Algorithms and Techniques
B-TREE-SEARCH(x, k)
Generalizes binary search tree lookup to multiway branching. At each node x, a linear scan finds the smallest index i such that k ≤ x.key_i, then either returns the key (if found), reports failure (if x is a leaf), or recurses into the appropriate child after a DISK-READ.
B-TREE-CREATE(T)
Allocates an empty root node, sets it as a leaf with zero keys, writes it to disk. Runs in O(1) time and O(1) disk operations.
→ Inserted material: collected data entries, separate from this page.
//! A pipeline on a module of a program.
use pliron_core::Context;
use pliron_dialect_bench::Bench;
use pliron_pass::{AnalysisManager, BenchFacts, OptError, Passes};
use pliron_pass_linked::run_pipeline_in_program;
use pliron_pass_pipeline::PassStep;
use pliron_text::{print_text, read_text};
use std::alloc::Global;
use std::process::Abort;

// The text without its dead code.
fn without_dead_code(
    alloc: Global,
    text: &str,
    ctx: &mut Context,
) -> Result<Option<String>, OptError> {
    let mut passes = Passes::<PassStep<Bench, BenchFacts>>::new(alloc);
    let Some(step) = PassStep::from_name("dce") else {
        return Ok(None);
    };
    passes.add_pass(step)?;
    let Some(root) = read_text(alloc, text.as_bytes(), ctx)? else {
        return Ok(None);
    };
    let mut analyses = AnalysisManager::new(alloc);
    run_pipeline_in_program(&mut passes, alloc, root, ctx, &mut analyses)?;
    Ok(Some(print_text(alloc, root, ctx)?))
}

fn goes_in(rt: &impl Abort, alloc: Global, ctx: &mut Context) {
    let text = "func { b0(): c = const 1; d = const 2; ret c }";
    let answer = without_dead_code(alloc, text, ctx).expect(rt, "memory");
    let printed = answer.expect(rt, "a pass and a text");
    assert_eq!(rt; printed.as_str(), "func { b0(): v0 = const 1; ret v0 }");
}

#[test]
fn dead_code_of_a_module_goes(rt: HostRuntime) {
    let mut ctx = Context::new(rt.alloc());
    goes_in(&rt, rt.alloc(), &mut ctx)
}
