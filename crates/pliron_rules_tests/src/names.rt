//! The laws on linked runs and on rewrite rules.
use pliron_dialect_bench::Bench;
use pliron_pass_linked::{linked_runs_agree, linked_runs_agree_on_inputs, linked_runs_kept};
use pliron_rewrite_inlining::{
    calls_are_inlined, inlined_calls_keep_linked_runs, inlined_roots_stay_fit,
    linked_runs_kept_by_name,
};
use pliron_rewrite_rules::{
    equal_values_replace_one_another, leaves_replace_results, operations_are_inserted,
    results_before_replace_results,
};

#[test]
fn laws_of_linked_runs(_rt: HostRuntime) {
    linked_runs_agree();
    linked_runs_agree_on_inputs();
    linked_runs_kept();
    calls_are_inlined();
    linked_runs_kept_by_name();
    inlined_calls_keep_linked_runs();
    inlined_roots_stay_fit();
}

#[test]
fn laws_of_rules(_rt: HostRuntime) {
    equal_values_replace_one_another::<Bench>();
    leaves_replace_results::<Bench>();
    results_before_replace_results::<Bench>();
    operations_are_inserted::<Bench>();
}
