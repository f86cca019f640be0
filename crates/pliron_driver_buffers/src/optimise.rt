//! Passes on a text.
ghost use Rattle.std.specs.Prelude.{◌≡◌, ◌≢◌, ◌⊎◌, IfOk, IfErr};
ghost use Rattle.pliron_driver.specs.Answered.{IsOptimised};
ghost use Rattle.pliron_driver.specs.Asked.{IsPlanned};
ghost use Rattle.pliron_driver.specs.Ran.{RunsAlone};
ghost use Rattle.pliron_driver_buffers.specs.Fills.{Fills};
ghost use Rattle.pliron_driver_buffers.specs.Optimises.{Optimises, IsListedPipeline, Explains};

use crate::buffer::fill;
use crate::status::{CallFailure, Status};
use pliron_dialect_edges::BranchesAtOnce;
use pliron_driver::{MAX_TEXT, Notation, PassPipeline, optimise_text, read_pipeline};
use pliron_laws::Dialect;
use pliron_pass::{BenchFactKind, BenchFacts, Pass};
use pliron_rewrite_rules::Rules;
use std::alloc::Global;

// The pipeline that the list plans. Errors: the list isn't one of names of passes; allocation failure.
fn pipeline_of<D: Dialect + BranchesAtOnce, L: Rules<D>>(
    alloc: Global,
    list: &[u8],
) -> Result<PassPipeline<D, BenchFacts, L>, CallFailure>
    ensures planned { IfOk result (λ pipeline. IsPlanned list.now pipeline) }
    ensures failure { IfErr result (λ failure. (failure ≡ CallFailure.Arguments) ⊎ (failure ≡ CallFailure.Memory)) }
{
    let Ok(word) = str::from_utf8(list) else {
        return Err(CallFailure::Arguments);
    };
    match read_pipeline(alloc, word)? {
        Some(pipeline) => Ok(pipeline),
        None => Err(CallFailure::Arguments),
    }
}

// What the passes make of the text, printed.
//
// Errors: the text is outside the notation or too long; those of the passes; allocation failure.
fn answer_of<N: Notation>(
    alloc: Global,
    pipeline: PassPipeline<N::D, BenchFacts, N::Rules>,
    text: &[u8],
) -> Result<Vec<u8>, CallFailure>
    ensures answer { IfOk result (λ answer. IsOptimised N.reads N.prints N.D.meaning
        (RunsAlone ⟦<BenchFactKind as PartialEq>⟧.eq ⟦<PassPipeline<N::D, BenchFacts, N::Rules> as Pass>⟧.outcome
        pipeline) text.now answer.items) }
    ensures failure { IfErr result (λ failure. failure ≢ CallFailure.Arguments) }
{
    if text.len() > MAX_TEXT {
        return Err(CallFailure::Text);
    }
    match optimise_text::<N>(alloc, pipeline, text) {
        Ok(Some(answer)) => Ok(answer),
        Ok(None) => Err(CallFailure::Text),
        Err(error) => Err(CallFailure::of(error)),
    }
}

/// What the passes of a list make of a text, printed, and a line that says whether they changed it: what the
/// program of the notation answers to the word and the input.
///
/// Errors: the list isn't one of names of passes; the text is outside the notation, or longer than 1,048,576 bytes; the
/// passes gave up; allocation failure. Cost: linear in the texts, and that of the passes.
pub fn optimise_by_list<N: Notation>(
    alloc: Global,
    list: &[u8],
    text: &[u8],
) -> Result<Vec<u8>, CallFailure>
    ensures answer { IfOk result (λ answer. Optimises N.reads N.prints N.D.meaning
        (RunsAlone ⟦<BenchFactKind as PartialEq>⟧.eq ⟦<PassPipeline<N::D, BenchFacts, N::Rules> as Pass>⟧.outcome)
        list.now text.now answer.items) }
    ensures failure { IfErr result (Explains (IsListedPipeline (RunsAlone ⟦<BenchFactKind as PartialEq>⟧.eq
        ⟦<PassPipeline<N::D, BenchFacts, N::Rules> as Pass>⟧.outcome) list.now)) }
{
    let pipeline = pipeline_of(alloc, list)?;
    answer_of::<N>(alloc, pipeline, text)
}

/// Puts what `optimise_by_list` answers into the buffer, and reports its length, or 0 where no answer is known.
///
/// Nothing is written to the buffer unless the whole answer fits. Cost: that of `optimise_by_list`.
pub fn optimise_into<N: Notation>(
    alloc: Global,
    list: &[u8],
    text: &[u8],
    output: &mut [u8],
    needed: &mut usize,
) -> Status
    ensures { Fills (Optimises N.reads N.prints N.D.meaning
        (RunsAlone ⟦<BenchFactKind as PartialEq>⟧.eq ⟦<PassPipeline<N::D, BenchFacts, N::Rules> as Pass>⟧.outcome)
        list.now text.now) (Explains (IsListedPipeline (RunsAlone ⟦<BenchFactKind as PartialEq>⟧.eq
        ⟦<PassPipeline<N::D, BenchFacts, N::Rules> as Pass>⟧.outcome) list.now)) output.old output.new
        needed.new result }
{
    fill(optimise_by_list::<N>(alloc, list, text), output, needed)
}
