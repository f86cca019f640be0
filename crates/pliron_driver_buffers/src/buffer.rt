//! An answer in a buffer.
ghost use Rattle.std.specs.Prelude.{◌≡◌, IsOkAnd, IsErrOf};
ghost use Rattle.pliron_driver_buffers.specs.Fills.{Fills};
ghost use Rattle.pliron_driver_buffers.specs.Statuses.{status_of_failure};

use crate::status::{CallFailure, Status};

/// Writes the answer to the start of the buffer, if it fits, and its length to `needed`; for a failure it writes 0 to
/// `needed`, and nothing to the buffer. Cost: linear in the answer.
pub fn fill(answer: Result<Vec<u8>, CallFailure>, output: &mut [u8], needed: &mut usize) -> Status
    ensures { Fills (λ bytes. IsOkAnd answer (λ text. bytes ≡ text.items)) (λ failure. IsErrOf answer failure)
        output.old output.new needed.new result }
{
    match answer {
        Ok(text) => put(&text, output, needed),
        Err(failure) => put_nothing(failure, needed),
    }
}

/// Reports that there is no answer. Cost: constant.
pub fn put_nothing(failure: CallFailure, needed: &mut usize) -> Status
    ensures length { needed.new ≡ 0 }
    ensures status { result ≡ status_of_failure failure }
{
    *needed = 0;
    failure.status()
}

/// Writes the answer to the start of the buffer, if it fits, and its length to `needed`. Cost: linear in the answer.
pub fn put(answer: &[u8], output: &mut [u8], needed: &mut usize) -> Status
    ensures { Fills (λ bytes. bytes ≡ answer.now) (λ failure. ⊥) output.old output.new needed.new result }
{
    *needed = answer.len();
    if answer.len() > output.len() {
        return Status::TooSmall;
    }
    output[..answer.len()].copy_from_slice(answer);
    Status::Answered
}
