//! What is seen of the operations of a text.
ghost use Rattle.pliron_core.specs.Tree.{IsLive};

use pliron_core::{Context, Operation, Ptr};
use pliron_dialect_bench::Bench;
use pliron_laws::OptError;
use pliron_rewrite_rules::seeing::{is_pure, view_of};
use pliron_rewrite_rules::{Leaf, Operand, terms_replace_results};
use pliron_text::read_text;
use std::alloc::Global;
use std::process::Abort;

#[test]
fn laws_of_terms(_rt: HostRuntime) {
    terms_replace_results::<Bench>();
}

// A letter for what is seen of an operand: made, known, or neither.
fn letter(operand: &Operand) -> char {
    match operand {
        Operand::Made(_, _, _) => 'm',
        Operand::Plain(Leaf::Known(_, _)) => 'k',
        Operand::Plain(Leaf::Unknown(_)) => 'u',
    }
}

// The letters of the operands of an operation, where it is pure.
fn letters(
    alloc: Global,
    op: Ptr<Operation>,
    ctx: &Context,
    seen: &mut String,
) -> Result<(), OptError>
    requires { IsLive ctx.now.tree op }
{
    if !is_pure::<Bench>(op, ctx) {
        seen.push('-')?;
        return Ok(());
    }
    let view = view_of::<Bench>(alloc, op, ctx)?;
    for operand in view.operands.as_slice() {
        seen.push(letter(operand))?;
    }
    seen.push(';')?;
    Ok(())
}

// The letters of all operations in a function, in order.
fn letters_of_text(alloc: Global, text: &str, ctx: &mut Context) -> Result<String, OptError> {
    let mut seen = String::new(alloc);
    let Some(root) = read_text(alloc, text.as_bytes(), ctx)? else {
        return Ok(seen);
    };
    if !root.is_live(ctx) {
        return Ok(seen);
    }
    let mut next = root.first_inside(ctx);
    for _ in 0..100 {
        let Some(op) = next else {
            return Ok(seen);
        };
        if !op.is_live(ctx) {
            return Ok(seen);
        }
        letters(alloc, op, ctx, &mut seen)?;
        next = op.get_next(ctx);
    }
    Ok(seen)
}

fn seen_in(rt: &impl Abort, alloc: Global, ctx: &mut Context) {
    let text = "func { b0(x): c = const 1; s = add x c; t = mul s c; print t; u = add t s; ret u }";
    let seen = letters_of_text(alloc, text, ctx).expect(rt, "memory");
    assert_eq!(rt; seen.as_str(), ";uk;mk;-mm;-");
}

#[test]
fn operands_are_seen(rt: HostRuntime) {
    let mut ctx = Context::new(rt.alloc());
    seen_in(&rt, rt.alloc(), &mut ctx)
}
B-TREE-INSERT(T, k) — Single-pass insertion with proactive splitting
- B-TREE-SPLIT-CHILD(x, i): Splits a full child y = x.c_i (with 2t − 1 keys) around its median key. The median moves up into x, and the t − 1 largest keys go into a new node z. Uses Θ(t) CPU time and O(1) disk operations.
- B-TREE-INSERT: If the root is full, creates a new root and splits the old root first (the only way the tree grows in height—at the top). Then calls B-TREE-INSERT-NONFULL.
- B-TREE-INSERT-NONFULL(x, k): Descends from x, splitting any full node encountered along the way, guaranteeing the recursion never reaches a full node. Inserts k into a leaf.
B-TREE-DELETE(x, k) — Single-pass deletion
Handles three main cases in a single downward pass:
- Case 1: k is in leaf node x — simply remove it.